Hi, thanks for asking, thats really nice of you!
Where to start?

Well, things have been totally manic with me of late. MY dad had to go in for major surgery and he wasn't getting better and was in and out of hospital. He got taken in again on May 2nd, and had a seizure. I thought he was going to die. Thankfully, however, he recovered and is far better, although it could take up like a year to recover.
My mum had an operation on her hand a few weeks ago, and got taken into hospital last Tuesday because it got badly infected. So both my parents were in separate hospitals but my dad is out now and my mum is getting out today.
My siblings have been causing me all sorts of problems (I am the youngest by 12 years), because they can't accept that I am nearly 26 and am an adult. They think I am incapable of keepingthe house in order and looking after my dad, so they have been spying, interfering and picking faults. My sister even sent her daughter down to stay with me and "help" me, when really she just made a lot of mess and sat and smoked cigarettes and watched me clean up

Meh, I haven't been getting a lot of sleep. I never sleep well anyway but I have been getting even less than usual so I havent been functioning properly lol. My boyfriend came up last weekend for a visit and I was supposed to be going down to his (where I class as home because its the only place I feel safe), on Friday there (8th May). But obviously as my parents were ill I couldnt go so he drove up to be with me. He stayed the whole weekend, helped me out with cooking and cleaning and drove me to see my mumin hospital

He is my rock. I know I would be crumbling if it wasn't for him!
He went home this morning as he has to be at work by 2pm.
At the moment I am procrastinating at work...I am supposed to be writing two essays for my studies but I haven't got the attention span today. I guess it is because I am so tired!
My parents' illnesses aside, my life is on the up

I still have my debt to deal with but I am seeking advice on it and I am trying not to let it worry me too much because I know I amgetting help to sort it out!
My relationship is going from strength to strength and I am falling even more in love with him every day...and he says that he is falling more for me every day too.
Due to how I allowed myself to be treated by men in the past, I had a real problem with the phrase "making love". Love and sex for me were separated, because I had to disassociate them with each other for survival. It was the only way I could cope. Even during the 5 years with my ex, I didn't associate love and sex with one another. However, now I totally do because for the first time in my life I have someone who respects me. He treats me really well and looks after me and I love him more than anything else in the world. So I have got used to the idea of "making love" and I have allowed love and sex to become one for the first time...and it doesn't scare me at all. I guess its because I feel extremely safe with him and I know he would never ever hurt me or treat me with anything other than the utmost care and respect!
My mum and I are getting on better than I thought we would since I moved back in with my parents.
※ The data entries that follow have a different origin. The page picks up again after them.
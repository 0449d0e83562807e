//! A text through each mode.
use arrayvec::ArrayVec;
use cipher::dea::Dea;
use cipher::triple::Triple;
use engines::engine::{Engine, GREATEST_DEPTH};
use engines::line::Line;
use engines::plain::Plain;
use modes::mode::Mode;
use modes::order::Order;
use runs::cartridge::Cartridge;
use runs::run::EncipheringRun;
use runs::run::heading::{Receiving, Sending};
use std::alloc::{AllocError, Global};
use std::fmt;

// Other programs write these keys and values out too, as words or as bytes: a crate and conversions to share them would be no plainer.
/// The three keys.
const KEYS: [u64; 3] = [
    0x0123_4567_89AB_CDEF,
    0x2345_6789_ABCD_EF01,
    0x4567_89AB_CDEF_0123,
];

/// The keys of the published example of the codebook mode.
const TWO_KEYS: [u64; 3] = [
    0x0123_4567_89AB_CDEF,
    0xFEDC_BA98_7654_3210,
    0x0123_4567_89AB_CDEF,
];

/// The initial values, eight bytes each.
#[rattlefmt::skip]
const VALUES: [u8; 24] = [
    0x12, 0x34, 0x56, 0x78, 0x90, 0xAB, 0xCD, 0xEF,
    0x67, 0x89, 0xAB, 0xCD, 0xE6, 0x01, 0x23, 0x44,
    0xBC, 0xDF, 0x01, 0x23, 0x3B, 0x56, 0x78, 0x99,
];

const TEXT: [u8; 56] = *b"Now is the time for all good men to come to the aid of t";

/// The most units of a vector.
const UNITS: usize = 16;

// Nothing here needs memory beside the stack, and so nothing can run out of it.
type Units = ArrayVec<u64, UNITS>;

/// The text as units of the mode: seven blocks, the first twelve bytes, or the first sixteen bits.
fn units_of(heap: Global, width: usize) -> Result<Units, AllocError> {
    match width {
        64 => TEXT
            .as_chunks()
            .0
            .iter()
            .map(|eight| u64::from_be_bytes(*eight))
            .collect(heap),
        8 => TEXT
            .iter()
            .take(12)
            .map(|byte| u64::from(*byte))
            .collect(heap),
        _ => TEXT
            .iter()
            .flat_map(|byte| (0..8).rev().map(move |i| u64::from(*byte >> i & 1)))
            .take(16)
            .collect(heap),
    }
}

// The demo has such a function with more units at a time: a crate that shares these few lines would be no plainer.
/// Feeds units one by one, and drains the run. Answers what is handed out.
fn feed_each<E: Engine>(run: &mut EncipheringRun<E>, units: &[u64]) -> anyhow::Result<Units> {
    let mut handed_out = Units::new();
    let mut out = [0; GREATEST_DEPTH];
    for unit in units {
        let count = run.feed(&[*unit], &mut out)?;
        handed_out.try_extend_from_slice(&out[..count])?;
    }
    let count = run.drain(&mut out)?;
    handed_out.try_extend_from_slice(&out[..count])?;
    Ok(handed_out)
}

/// Units in hexadecimal, with as many digits as their width has.
#[derive(Clone, Copy)]
struct Hexadecimal<'a> {
    units: &'a [u64],
    width: usize,
}

impl fmt::Display for Hexadecimal<'_> {
    fn fmt<W: fmt::Write>(&self, f: &mut fmt::Formatter<W>) -> fmt::Result {
        let digits = self.width.div_ceil(4);
        for unit in self.units {
            write!(f, " {unit:0digits$X}")?;
        }
        Ok(())
    }
}

/// Units that go through a mode under three keys.
#[derive(Drop)]
struct Vector {
    keys: [u64; 3],
    order: Order,
    units: Units,
}

impl Vector {
    /// The units sent on a new line.
    fn send(&self) -> anyhow::Result<Units> {
        let [first, second, third] = self.keys.map(Dea::new);
        let line = Line::new(first, second, third);
        let mut run = Cartridge::new(line).start(self.order, Sending);
        let sent = feed_each(&mut run, &self.units);
        drop(run.close());
        sent
    }

    /// What was sent, received on a new plain engine over the triple, in one feed.
    fn receive(&self, sent: &[u64]) -> anyhow::Result<Units> {
        let mut received = Units::from([0; UNITS]);
        let [first, second, third] = self.keys.map(Dea::new);
        let plain = Plain::new(Triple::new(first, second, third));
        let mut run = Cartridge::new(plain).start(self.order, Receiving);
        let answer = run.feed(sent, &mut received);
        drop(run.close());
        received.truncate(answer?);
        Ok(received)
    }

    fn show(&self, rt: &impl Print) -> anyhow::Result<()> {
        let mode = self.order.mode();
        let sent = self.send()?;
        let received = self.receive(&sent)?;
        println!(rt;
            "{} {}:{}, received again: {}",
            mode.code(),
            mode,
            Hexadecimal {
                units: &sent,
                width: mode.width()
            },
            received == self.units
        )?;
        Ok(())
    }
}

/// The text through one mode.
pub fn show_code(rt: &(impl Print + AllocGlobal), code: u8) -> anyhow::Result<()> {
    let mode = Mode::try_from(code)?;
    let vector = Vector {
        keys: KEYS,
        order: Order::check(code, &VALUES[..8 * mode.initial_values()])?,
        units: units_of(rt.alloc(), mode.width())?,
    };
    vector.show(rt)
}

/// The published example of the codebook mode under two keys.
pub fn show_codebook_example(rt: &(impl Print + AllocGlobal)) -> anyhow::Result<()> {
    let mut units = units_of(rt.alloc(), 64)?;
    units.truncate(4);
    let vector = Vector {
        keys: TWO_KEYS,
        order: Order::check(1, &[])?,
        units,
    };
    vector.show(rt)
}
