//! Calls at the bounds: the last units that a cartridge takes, and an output list with no place.
use cipher::dea::Dea;
use engines::engine::Engine;
use engines::line::Line;
use modes::order::Order;
use refusals::Refusal;
use runs::cartridge::Cartridge;
use runs::run::EncipheringRun;
use runs::run::heading::Sending;
use std::fmt;

/// How many units are fed at once.
const CHUNK: usize = 4096;

/// What a call answers.
#[derive(Clone, Copy)]
struct Answer(Result<usize, Refusal>);

impl fmt::Display for Answer {
    fn fmt<W: fmt::Write>(&self, f: &mut fmt::Formatter<W>) -> fmt::Result {
        match self.0 {
            Ok(count) => write!(f, "{count} handed out"),
            Err(refusal) => write!(f, "refused {} {}", refusal.number(), refusal.detail()),
        }
    }
}

/// A run on a new line, in the codebook mode.
fn open() -> Result<EncipheringRun<Line<Dea, Dea, Dea>>, Refusal> {
    let order = Order::check(1, &[])?;
    let line = Line::new(Dea::new(1), Dea::new(2), Dea::new(3));
    Ok(Cartridge::new(line).start(order, Sending))
}

/// Feeds units, and drains them.
fn feed_and_drain<E: Engine>(run: &mut EncipheringRun<E>, units: &[u64]) -> Result<(), Refusal> {
    let mut out = [0; CHUNK];
    run.feed(units, &mut out)?;
    run.drain(&mut out)?;
    Ok(())
}

/// Takes a cartridge up to one unit below its limit, and then offers more, with room enough.
fn show_near_limit<E: Engine>(rt: &impl Print, run: &mut EncipheringRun<E>) -> anyhow::Result<()> {
    let units = [7; CHUNK];
    for _ in 0..255 {
        feed_and_drain(run, &units)?;
    }
    feed_and_drain(run, &units[1..])?;
    println!(rt; "units taken: {}", run.units_taken())?;
    let mut out = [0; 4];
    println!(rt; "two units more: {}", Answer(run.feed(&[1, 2], &mut out)))?;
    println!(rt; "one unit more: {}", Answer(run.feed(&[1], &mut out)))?;
    println!(rt; "another: {}", Answer(run.feed(&[1], &mut out)))?;
    Ok(())
}

/// Feeds no units, with two inside and no place for output.
fn show_no_place<E: Engine>(rt: &impl Print, run: &mut EncipheringRun<E>) -> anyhow::Result<()> {
    run.feed(&[1, 2], &mut [0; 2])?;
    let answer = Answer(run.feed(&[], &mut []));
    println!(rt; "no units, two inside, no place for output: {answer}")?;
    Ok(())
}

pub fn show(rt: &impl Print) -> anyhow::Result<()> {
    let mut run = open()?;
    let shown = show_near_limit(rt, &mut run);
    let count = run.close().count();
    shown?;
    println!(rt; "count: {count}")?;
    let mut run = open()?;
    let shown = show_no_place(rt, &mut run);
    drop(run.close());
    shown
}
She still can't accept me for who I am, though, and I know I am still a disappointment to her. Meh, I have been thinking long and hard, and I realised that I have been racking my brains and working so hard all my life to gain my mum's acceptance and be the Alison she wants me to be. But this morning I stopped and thought, "WHY?", I wasn't born to please her and I wasn't born to be a carbon copy of the girl she dreamed I would be. My mum should be proud of me no matter what, because I feel that I am a good person with good morals, and I have never been in any trouble. So what if I can't get up early or can't keep the houe clean to her OCD standards? So what if I havent been to uni and gained a super duper degree like my brother? I still have a pretty upstanding job, even if it doesn't pay well. Nothing I do will ever be good enough for her, but I know now that its her problem. She needs to accept me for who I am, and not try to influence me to become someone I am not! I love my mum, dearly, but the way she carries on sometimes its pretty obvious why I have had low self-esteem since I was old enough to use the potty.
Its HER problem, not mine! And if my boyfriend loves me for who I am, I can't be all that bad, can I?
Meh, apologies for rambling on...

Thanks for asking how things are going. How are you?